Dual Monetization Strategy
By deploying both a cryptocurrency miner and proxyware, Mimo effectively monetizes the compromised systems through two avenues:
– Cryptojacking: The unauthorized use of a victim’s computing resources to mine cryptocurrency.
– Proxyjacking: The exploitation of the victim’s internet bandwidth by enrolling the system into a proxy network, which can be used for various illicit activities, including anonymizing malicious traffic.
Mimo’s Evolution and Previous Activities
Mimo has been active since at least March 2022, consistently exploiting known vulnerabilities to deploy cryptominers. Their previous campaigns have targeted flaws in:
– Apache Log4j (CVE-2021-44228): A critical vulnerability in the widely used logging library.
– Atlassian Confluence (CVE-2022-26134): A remote code execution flaw in the collaboration platform.
– PaperCut (CVE-2023–27350): A vulnerability in the print management software.
– Apache ActiveMQ (CVE-2023-46604): A flaw in the open-source message broker.
In 2023, Mimo expanded their operations to include ransomware attacks, utilizing a Go-based strain known as Mimus, which is a fork of the open-source MauriCrypt project. This diversification indicates a strategic shift towards maximizing financial gains through multiple attack vectors.
Indicators of Compromise and Detection
Sekoia’s analysis revealed that the exploitation efforts originated from a Turkish IP address (85.106.113[.]168). Additionally, the use of the alias fbi for the urllib2 library in the attack scripts serves as a distinctive coding choice, potentially aiding in detection efforts.
Mitigation and Recommendations
To protect against such exploits, organizations using Craft CMS should:
1. Update Systems Promptly: Ensure that Craft CMS installations are updated to the latest patched versions (3.9.15, 4.14.15, or 5.6.17) to mitigate CVE-2025-32432.

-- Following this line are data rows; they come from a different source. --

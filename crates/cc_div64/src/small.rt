// The whole division by a divisor below 32,768, by four digits to the base 65,536.
ghost use Rattle.std.specs.Prelude.{◌≡◌, IfOk};
ghost use Rattle.cc_line.specs.Item.{steps_items};
ghost use Rattle.cc_line.specs.View.{items_view, spot_view, steps_view};
ghost use Rattle.cc_div64.specs.Division as spec;

use crate::line::{
    CHOICE, DIVIDEND_HIGH, DIVIDEND_LOW, DIVISOR_LOW, LEFT, REMAINDER_LOW, combine, helper, set,
};
use cc_line::{Item, Scratch, Spot, Step, push_steps};
use mc_cmd::Op;
use mc_nbt::Memory;
use std::alloc::Global;

const BASE: Spot = Spot::Scratch(Scratch::H);

// The items of the helper: the high word's digits divided, and then the low word's behind the remainder.
pub(crate) fn small(alloc: Global) -> Result<Vec<Item>, Memory>
    ensures { IfOk result (λ v. items_view v.items ≡ steps_items spec.small_steps) }
{
    let mut items = helper(alloc, &[set(LEFT, 0), set(BASE, 65_536)])?;
    push_steps(&upper_digit(DIVIDEND_HIGH), &mut items)?;
    push_steps(&divide_word(DIVIDEND_HIGH), &mut items)?;
    push_steps(&upper_digit(DIVIDEND_LOW), &mut items)?;
    push_steps(&behind_remainder(), &mut items)?;
    push_steps(&divide_word(DIVIDEND_LOW), &mut items)?;
    Ok(items)
}

// The upper digit of a word.
fn upper_digit(word: Spot) -> [Step; 3]
    ensures { steps_view result ≡ spec.upper_digit (spot_view word) }
{
    [
        combine(CHOICE, Op::Assign, word),
        combine(CHOICE, Op::Divide, BASE),
        combine(CHOICE, Op::Remainder, BASE),
    ]
}

// The remainder so far above it.
fn behind_remainder() -> [Step; 2]
    ensures { steps_view result ≡ spec.behind_remainder }
{
    [
        combine(REMAINDER_LOW, Op::Multiply, BASE),
        combine(CHOICE, Op::Add, REMAINDER_LOW),
    ]
}

// Both digits of a word divided, the upper one standing in the choice's score.
fn divide_word(word: Spot) -> [Step; 11]
    ensures { steps_view result ≡ spec.divide_word (spot_view word) }
{
    [
        combine(REMAINDER_LOW, Op::Assign, CHOICE),
        combine(REMAINDER_LOW, Op::Remainder, DIVISOR_LOW),
        combine(CHOICE, Op::Divide, DIVISOR_LOW),
        combine(CHOICE, Op::Multiply, BASE),
        combine(word, Op::Remainder, BASE),
        combine(REMAINDER_LOW, Op::Multiply, BASE),
        combine(word, Op::Add, REMAINDER_LOW),
        combine(REMAINDER_LOW, Op::Assign, word),
        combine(REMAINDER_LOW, Op::Remainder, DIVISOR_LOW),
        combine(word, Op::Divide, DIVISOR_LOW),
        combine(word, Op::Add, CHOICE),
    ]
}
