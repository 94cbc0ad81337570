// Lists of ints.
ghost use Rattle.std.specs.Prelude.{◌≡◌, List, ℤ, IfOk, MatchOption, map};
ghost use Rattle.mc_nbt.specs.Tree.{int, items};
ghost use Rattle.mc_nbt.specs.View.{list_view, view};
ghost use Rattle.cc_line.specs.Running.{an_int};
ghost use Rattle.cc_line.specs.State.{ints};

use mc_nbt::{Memory, Nbt, NbtList};
use std::alloc::Global;

/// The ints of a list that has nothing else; `None` exactly where the tree is no such list.
///
/// # Errors
///
/// `Memory` where there is no room for them.
pub fn ints_in(alloc: Global, tree: &Nbt) -> Result<Option<Vec<i32>>, Memory>
    ensures { IfOk result (λ o. MatchOption o ((zs : List ℤ) → view tree.now ≡ ints zs → ⊥) (λ zs. view tree.now ≡ ints zs.items)) }
{
    match tree {
        Nbt::List(list) => ints_of_list(alloc, list),
        Nbt::Int(_) | Nbt::Str(_) | Nbt::Compound(_) => Ok(None),
    }
}

fn ints_of_list(alloc: Global, list: &NbtList) -> Result<Option<Vec<i32>>, Memory>
    ensures { IfOk result (λ o. MatchOption o ((zs : List ℤ) → list_view list.now ≡ items (map int zs) → ⊥)
        (λ zs. list_view list.now ≡ items (map int zs.items))) }
{
    match list {
        NbtList::Ints(found) => Ok(Some(Vec::from_slice(alloc, found.as_slice())?)),
        NbtList::Trees(trees) => ints_of_trees(alloc, trees.as_slice()),
    }
}

fn ints_of_trees(alloc: Global, trees: &[Nbt]) -> Result<Option<Vec<i32>>, Memory>
    ensures { IfOk result (λ o. MatchOption o ((zs : List ℤ) → map view trees.now ≡ map int zs → ⊥)
        (λ zs. map view trees.now ≡ map int zs.items)) }
{
    let mut found = Vec::with_capacity(alloc, trees.len())?;
    for tree in trees {
        match int_of(tree) {
            Some(z) => found.push(z)?,
            None => return Ok(None),
        }
    }
    Ok(Some(found))
}

fn int_of(tree: &Nbt) -> Option<i32>
    ensures { result ≡ an_int (view tree.now) }
{
    match tree {
        Nbt::Int(z) => Some(*z),
        Nbt::Str(_) | Nbt::List(_) | Nbt::Compound(_) => None,
    }
}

2. Monitor for Suspicious Activity: Regularly review server logs for unusual POST requests to the actions/assets/generate-transform endpoint, especially those containing the string __class in the body, as these may indicate probing attempts.

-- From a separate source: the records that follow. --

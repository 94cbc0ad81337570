// Whether a pack runs as its states say.
ghost use Rattle.std.specs.Prelude.{◌≡◌, ◌↔◌, IfOk, IsTrue, Some, false};
ghost use Rattle.mc_nbt.specs.View.{view};
ghost use Rattle.mc_world.specs.WorldView.{seen};
ghost use Rattle.cc_line.specs.Sight.{in_rest};
ghost use Rattle.cc_line.specs.State.{State, is_frame};
ghost use Rattle.cc_line.specs.Table.{table_tree};
ghost use Rattle.cc_line.specs.View.{key_text, scratch_text, store_view};
ghost use Rattle.cc_simulate.specs.Stands.{Running};
ghost use Rattle.pk_sight.specs.Shown.{IsStateOf};
ghost use Rattle.pk_sight.specs.steps.Parts.{HasByteTables, HasConstants, HasTables, IsUnderWay};

use crate::PackNames;
use crate::reading::{score, tree};
use crate::tables::is_table;
use cc_line::{Key, Scratch, Store, Table};
use mc_nbt::{Memory, Nbt, is_same};
use mc_world::World;
use std::alloc::Global;

/// Whether each state that the world shows runs: the job's state is 1, no trap is recorded, the state in which the job
/// ends is told, and the constants and the tables of routines stand, those of bytes only where they are asked for.
///
/// # Errors
///
/// `Memory` where there is no room for the names of scores and keys.
pub fn runs(alloc: Global, world: &World, names: &PackNames, bytes: bool) -> Result<bool, Memory>
    ensures { IfOk result (λ b. (p : State) → IsStateOf names.now.ns (seen world.now) p → IsTrue b ↔ Running bytes p) }
{
    if !is_under_way(alloc, world, names)? {
        return Ok(false);
    }
    if !has_constants(alloc, world, names)? {
        return Ok(false);
    }
    if !has_tables(alloc, world, names)? {
        return Ok(false);
    }
    if bytes {
        has_byte_tables(alloc, world, names)
    } else {
        Ok(true)
    }
}

fn is_under_way(alloc: Global, world: &World, names: &PackNames) -> Result<bool, Memory>
    ensures { IfOk result (λ b. (p : State) → IsStateOf names.now.ns (seen world.now) p → IsTrue b ↔ IsUnderWay p) }
{
    if !has_score(alloc, world, names, Scratch::Trap, 0)? {
        return Ok(false);
    }
    if !has_tree(alloc, world, names, Store::Io, Key::State, &Nbt::Int(1))? {
        return Ok(false);
    }
    let end = tree(alloc, world, names, Store::Rest, Key::End)?;
    Ok(end.is_some())
}

fn has_constants(alloc: Global, world: &World, names: &PackNames) -> Result<bool, Memory>
    ensures { IfOk result (λ b. (p : State) → IsStateOf names.now.ns (seen world.now) p → IsTrue b ↔ HasConstants p) }
{
    if !has_score(alloc, world, names, Scratch::Two, 2)? {
        return Ok(false);
    }
    if !has_score(alloc, world, names, Scratch::ThirtyTwo, 32)? {
        return Ok(false);
    }
    if !has_score(alloc, world, names, Scratch::HalfWord, 65_536)? {
        return Ok(false);
    }
    has_score(alloc, world, names, Scratch::Least, i32::MIN)
}

fn has_tables(alloc: Global, world: &World, names: &PackNames) -> Result<bool, Memory>
    ensures { IfOk result (λ b. (p : State) → IsStateOf names.now.ns (seen world.now) p → IsTrue b ↔ HasTables p) }
{
    if !has_table(alloc, world, names, Key::ShiftLeft, Table::ShiftLeft)? {
        return Ok(false);
    }
    if !has_table(
        alloc,
        world,
        names,
        Key::ShiftRightSigned,
        Table::ShiftRightSigned,
    )? {
        return Ok(false);
    }
    if !has_table(alloc, world, names, Key::ShiftRight, Table::ShiftRight)? {
        return Ok(false);
    }
    if !has_table(alloc, world, names, Key::RotateLeft, Table::RotateLeft)? {
        return Ok(false);
    }
    has_table(alloc, world, names, Key::RotateRight, Table::RotateRight)
}

fn has_byte_tables(alloc: Global, world: &World, names: &PackNames) -> Result<bool, Memory>
    ensures { IfOk result (λ b. (p : State) → IsStateOf names.now.ns (seen world.now) p → IsTrue b ↔ HasByteTables p) }
{
    if !has_table(alloc, world, names, Key::LowByte, Table::LowByte)? {
        return Ok(false);
    }
    if !has_table(alloc, world, names, Key::HighByte, Table::HighByte)? {
        return Ok(false);
    }
    if !has_table(alloc, world, names, Key::ByteAnd, Table::ByteAnd)? {
        return Ok(false);
    }
    has_table(alloc, world, names, Key::RaisedAnd, Table::RaisedAnd)
}

// Whether a score has a number.
fn has_score(
    alloc: Global,
    world: &World,
    names: &PackNames,
    which: Scratch,
    number: i32,
) -> Result<bool, Memory>
    ensures { IfOk result (λ b. (p : State) → IsStateOf names.now.ns (seen world.now) p
        → IsTrue b ↔ (p.scores (scratch_text which) ≡ Some number)) }
{
    match score(alloc, world, names, which)? {
        Some(found) => Ok(found == number),
        None => Ok(false),
    }
}

// Whether a table stands under a key.
fn has_table(
    alloc: Global,
    world: &World,
    names: &PackNames,
    key: Key,
    table: Table,
) -> Result<bool, Memory>
    requires { is_frame in_rest (key_text key) ≡ false }
    ensures { IfOk result (λ b. (p : State) → IsStateOf names.now.ns (seen world.now) p
        → IsTrue b ↔ (p.keys in_rest (key_text key) ≡ Some (table_tree table))) }
{
    match tree(alloc, world, names, Store::Rest, key)? {
        Some(found) => Ok(is_table(found, table)),
        None => Ok(false),
    }
}

// Whether a tree stands under a key that isn't the frame's.
fn has_tree(
    alloc: Global,
    world: &World,
    names: &PackNames,
    store: Store,
    key: Key,
    wanted: &Nbt,
) -> Result<bool, Memory>
    requires { is_frame (store_view store) (key_text key) ≡ false }
    ensures { IfOk result (λ b. (p : State) → IsStateOf names.now.ns (seen world.now) p
        → IsTrue b ↔ (p.keys (store_view store) (key_text key) ≡ Some (view wanted.now))) }
{
    match tree(alloc, world, names, store, key)? {
        Some(found) => Ok(is_same(found, wanted)),
        None => Ok(false),
    }
}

3. Implement Web Application Firewalls (WAFs): Deploy WAFs to detect and block malicious requests targeting known vulnerabilities.
4. Conduct Regular Security Audits: Perform periodic security assessments to identify and remediate potential vulnerabilities.
5. Educate and Train Staff: Provide cybersecurity training to staff to recognize and respond to potential threats effectively.
Conclusion
The Mimo group’s exploitation of CVE-2025-32432 in Craft CMS underscores the critical importance of timely vulnerability management and proactive security measures. By staying vigilant and implementing robust security practices, organizations can defend against such sophisticated threats and safeguard their digital assets.